Une efficacité dramatique redoutable


Par Vincent Cambier

Les Trois Coups.com


Un nouveau théâtre est né à Avignon. C’est Le Verbe fou, dédié avant tout, comme son nom l’indique, au texte. Le Théâtre littéraire de la Clarencière, de Fabienne Govaerts, y présente un classique du théâtre du xxe siècle, « la Leçon », d’Eugène Ionesco. Grâce à une mise en scène intelligente et des comédiens excellents, j’ai pu me régaler d’un petit bijou d’efficacité dramatique, durant ce Off 2007 d’Avignon.

Au départ, il s’agit d’une situation banale. Une élève vient prendre sa première leçon particulière auprès d’un professeur privé. L’Élève (1) est fraîche, enjouée, « motivée », comme on dirait maintenant. Le Professeur (1) est timide, maladroit, sanglé dans sa blouse grise, un peu obséquieux et fuyant. Pas vraiment franc du collier, voyez.

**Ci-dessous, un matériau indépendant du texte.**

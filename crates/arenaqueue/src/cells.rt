//! Cells with values, each with the number of the next cell of its list, and the first and the last cell
//! of each list.

ghost use Rattle.std.specs.Prelude.{◌≡◌, ◌≢◌, ◌+◌, ◌<◌, ◌≤◌, ◌^◌, [], ◌∷◌, ◌++◌, length, slice_index, slice_index_or, slice_set, Some, None};
ghost use Rattle.std.specs.Vec.{vec_len, vec_capacity};
ghost use Rattle.arenaqueue.specs.inner.Cells.{firsts_of, lasts_of, nexts_of, values_of};
ghost use Rattle.arenaqueue.specs.inner.Chains.{no_cell, firsts_joined, nexts_joined, walked, LeadsOut};

/// No cell has this number.
pub(crate) const NO_CELL: u32 = u32::MAX;

/// A value, and the next cell of its list.
#[derive(Drop)]
pub(crate) struct Cell<T> {
    pub next: u32,
    pub value: T,
}

/// The first and the last cell of a list. Of an empty list the first is `NO_CELL`.
#[derive(Clone, Copy)]
pub(crate) struct Ends {
    pub first: u32,
    pub last: u32,
}

#[inline(always)]
pub(crate) fn first(ends: &Vec<Ends>, list: usize) -> u32
    requires { list < length ends.now.items }
    ensures { result ≡ slice_index (firsts_of ends.now.items) list }
{
    ends[list].first
}

#[inline(always)]
pub(crate) fn last(ends: &Vec<Ends>, list: usize) -> u32
    requires { list < length ends.now.items }
    ensures { result ≡ slice_index (lasts_of ends.now.items) list }
{
    ends[list].last
}

#[inline(always)]
pub(crate) fn set_first(ends: &mut Vec<Ends>, list: usize, cell: u32)
    requires { list < length ends.old.items }
    ensures firsts { firsts_of ends.new.items ≡ slice_set (firsts_of ends.old.items) list cell }
    ensures lasts { lasts_of ends.new.items ≡ lasts_of ends.old.items }
{
    ends[list].first = cell;
}

#[inline(always)]
pub(crate) fn set_last(ends: &mut Vec<Ends>, list: usize, cell: u32)
    requires { list < length ends.old.items }
    ensures firsts { firsts_of ends.new.items ≡ firsts_of ends.old.items }
    ensures lasts { lasts_of ends.new.items ≡ slice_set (lasts_of ends.old.items) list cell }
{
    ends[list].last = cell;
}

#[inline(always)]
pub(crate) fn next<T>(cells: &Vec<Cell<T>>, cell: u32) -> u32
    requires { cell < length cells.now.items }
    ensures { result ≡ slice_index (nexts_of cells.now.items) cell }
{
    cells[cell as usize].next
}

#[inline(always)]
pub(crate) fn value<T: Copy>(cells: &Vec<Cell<T>>, cell: u32) -> T
    requires { cell < length cells.now.items }
    ensures { slice_index_or (values_of cells.now.items) cell None ≡ Some result }
{
    cells[cell as usize].value
}

#[inline(always)]
pub(crate) fn set_next<T>(cells: &mut Vec<Cell<T>>, cell: u32, next: u32)
    requires { cell < length cells.old.items }
    ensures nexts { nexts_of cells.new.items ≡ slice_set (nexts_of cells.old.items) cell next }
    ensures values { values_of cells.new.items ≡ values_of cells.old.items }
{
    cells[cell as usize].next = next;
}

/// Puts a value into a cell, which has no next one then.
#[inline(always)]
pub(crate) fn put<T: Copy>(cells: &mut Vec<Cell<T>>, cell: u32, value: T)
    requires { cell < length cells.old.items }
    ensures nexts { nexts_of cells.new.items ≡ slice_set (nexts_of cells.old.items) cell no_cell }
    ensures values { values_of cells.new.items ≡ slice_set (values_of cells.old.items) cell (Some value) }
{
    let slot = &mut cells[cell as usize];
    slot.next = NO_CELL;
    slot.value = value;
}

/// Makes a cell after the others, where there is room.
#[inline(always)]
pub(crate) fn add<T>(cells: &mut Vec<Cell<T>>, next: u32, value: T)
    requires { vec_len cells.old < vec_capacity cells.old }
    ensures nexts { nexts_of cells.new.items ≡ nexts_of cells.old.items ++ next ∷ [] }
    ensures values { values_of cells.new.items ≡ values_of cells.old.items ++ Some value ∷ [] }
    ensures room { vec_capacity cells.new ≡ vec_capacity cells.old }
{
    cells.push_reserved(Cell { next, value });
}

/// Puts a chain of cells, from its first to its last, at the back of a list.
#[inline(always)]
pub(crate) fn join<T>(
    ends: &mut Vec<Ends>,
    cells: &mut Vec<Cell<T>>,
    list: usize,
    chain: (u32, u32),
)
    requires list { list < length ends.old.items }
    requires last { slice_index (firsts_of ends.old.items) list ≢ no_cell →
        slice_index (lasts_of ends.old.items) list < length cells.old.items }
    ensures firsts { firsts_of ends.new.items ≡ firsts_joined (firsts_of ends.old.items) list chain.0 }
    ensures lasts { lasts_of ends.new.items ≡ slice_set (lasts_of ends.old.items) list chain.1 }
    ensures nexts { nexts_of cells.new.items ≡
        nexts_joined (firsts_of ends.old.items) (lasts_of ends.old.items) (nexts_of cells.old.items) list chain.0 }
    ensures values { values_of cells.new.items ≡ values_of cells.old.items }
{
    let (first_cell, last_cell) = chain;
    if first(ends, list) == NO_CELL {
        set_first(ends, list, first_cell);
    } else {
        set_next(cells, last(ends, list), first_cell);
    }
    set_last(ends, list, last_cell);
}

/// How many cells there are from one on.
pub(crate) fn count<T>(cells: &Vec<Cell<T>>, from: u32) -> u64
    requires { LeadsOut (nexts_of cells.now.items) from }
    ensures { result ≡ length (walked (nexts_of cells.now.items) from) }
{
    let mut counted = 0;
    let mut cell = from;
    while cell != NO_CELL {
        counted += 1;
        cell = next(cells, cell);
    }
    counted
}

On se dit, imperceptiblement, que le cours ne va pas forcément être un long fleuve tranquille. Le pire n’est jamais sûr, dit-on. La suite des évènements démontrera le contraire.

lecon-web.jpg

« la Leçon » | © Marc Weideman

Le grand danger de la Leçon, c’est que cette pièce a été maintes et maintes fois représentée, dans des mises en scène très différentes l’une de l’autre. Bernard Lefrancq l’a parfaitement compris. C’est ainsi qu’il fait brillamment ressortir la dimension humoristique et absurde de la pièce, sans négliger pour autant son soubassement tragique.

Il a, en outre, l’intelligence de ne pas « la ramener », de faire totalement confiance au texte d’Ionesco – d’une efficacité dramatique redoutable – et de se concentrer sur la direction d’acteurs.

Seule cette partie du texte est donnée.